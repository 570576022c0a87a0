//! Series-parallel shapes: how the leaves of a job are composed.
ghost use Rattle.std.specs.Prelude.{◌≡◌, ◌<◌, ◌^◌};

/// A series-parallel composition of leaves. Leaves are numbered from 0, from left to right.
#[derive(Drop)]
pub enum Shape {
    /// One leaf.
    Leaf,
    /// The left side, and then the right side.
    Seq(Box<Shape>, Box<Shape>),
    /// The two sides, in any order or at once.
    Par(Box<Shape>, Box<Shape>),
}

impl Shape {
    ghost use Rattle.sp_order.specs.Precedence.{tree_of};
    ghost use Rattle.sp_order.specs.Depth.{tree_depth};

    /// The depth in blocks: 0 for a leaf, else one more than that of the deeper side. It recurses once for each level.
    pub(crate) fn depth(&self) -> u32
        requires { tree_depth (tree_of self.now) < 2 ^ 32 }
        ensures { result ≡ tree_depth (tree_of self.now) }
    {
        match self {
            Shape::Leaf => 0,
            Shape::Seq(left, right) | Shape::Par(left, right) => {
                1 + left.depth().max(right.depth())
            }
        }
    }
}
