//! The shares of one worker: its rows are told apart by what their leaves do, and the ticks of each column are counted.
ghost use Rattle.std.specs.Prelude.{◌≡◌, ◌++◌, ◌<◌, ◌≤◌, ◌^◌, length, map, OnOk, IfOk};
ghost use Rattle.std.specs.List.{filter, range_with_len};
ghost use Rattle.std.specs.Ordering.{nat_cmp};
ghost use Rattle.std.specs.BTreeSet.{contains};
ghost use Rattle.report_shares.specs.Shares.{works, calls_in, share_in, lane_shares};

use crate::share::Share;
use crate::ticks::{edge, ticks_in};
use batch_history::Row;
use std::alloc::{AllocError, Global};
use std::collections::BTreeSet;

/// The rows of a worker: those whose leaves work, and those whose leaves call.
#[derive(Drop)]
struct Lane {
    work: Vec<Row>,
    calls: Vec<Row>,
}

/// The rows of a worker, where these leaves call.
fn lane_of(
    alloc: Global,
    callers: &BTreeSet<u32>,
    rows: &[Row],
    worker: u32,
) -> Result<Lane, AllocError>
    ensures work { IfOk result (λ lane. lane.work.items
        ≡ filter (works (contains nat_cmp callers.now) worker) rows.now) }
    ensures calls { IfOk result (λ lane. lane.calls.items
        ≡ filter (calls_in (contains nat_cmp callers.now) worker) rows.now) }
{
    let mut work = Vec::new(alloc);
    let mut calls = Vec::new(alloc);
    for row in rows {
        if row.worker == worker {
            if callers.contains(&row.leaf) {
                calls.push(*row)?;
            } else {
                work.push(*row)?;
            }
        }
    }
    Ok(Lane { work, calls })
}

/// What the worker of a lane does in a column, for so many leaves.
fn share_in(lane: &Lane, leaves: u32, worker: u32, column: u32) -> Share
    requires work { length lane.now.work.items < 2 ^ 32 }
    requires calls { length lane.now.calls.items < 2 ^ 32 }
    requires column { column < 2 ^ 31 }
    ensures { result ≡ share_in leaves worker column lane.now.work.items lane.now.calls.items }
{
    let from = edge(leaves, column);
    let to = edge(leaves, column + 1);
    Share {
        worker,
        column,
        from,
        to,
        work: ticks_in(from, to, lane.work.as_slice()),
        calls: ticks_in(from, to, lane.calls.as_slice()),
    }
}

/// Appends the shares of a worker with these rows, for so many leaves.
fn push_shares(
    shares: &mut Vec<Share>,
    lane: &Lane,
    leaves: u32,
    worker: u32,
) -> Result<(), AllocError>
    requires work { length lane.now.work.items < 2 ^ 32 }
    requires calls { length lane.now.calls.items < 2 ^ 32 }
    ensures { OnOk result (shares.new.items ≡ shares.old.items
        ++ map (λ column. share_in leaves worker column lane.now.work.items lane.now.calls.items)
        (range_with_len 0 120)) }
{
    for column in 0..120 {
        shares.push(share_in(lane, leaves, worker, column))?;
    }
    Ok(())
}

/// Appends the shares of a worker, where these leaves call.
pub(crate) fn push_lane(
    alloc: Global,
    shares: &mut Vec<Share>,
    callers: &BTreeSet<u32>,
    rows: &[Row],
    worker: u32,
) -> Result<(), AllocError>
    requires { length rows.now < 2 ^ 32 }
    ensures { OnOk result (shares.new.items ≡ shares.old.items
        ++ lane_shares (contains nat_cmp callers.now) rows.now worker) }
{
    let lane = lane_of(alloc, callers, rows, worker)?;
    push_shares(shares, &lane, rows.len() as u32, worker)
}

^^^^

- Task details: Go through the listing above and pull out each line containing the word "right".

- Written response:
/// A series-parallel composition of leaves. Leaves are numbered from 0, from left to right.
    /// The left side, and then the right side.
            Shape::Seq(left, right) | Shape::Par(left, right) => {
                1 + left.depth().max(right.depth())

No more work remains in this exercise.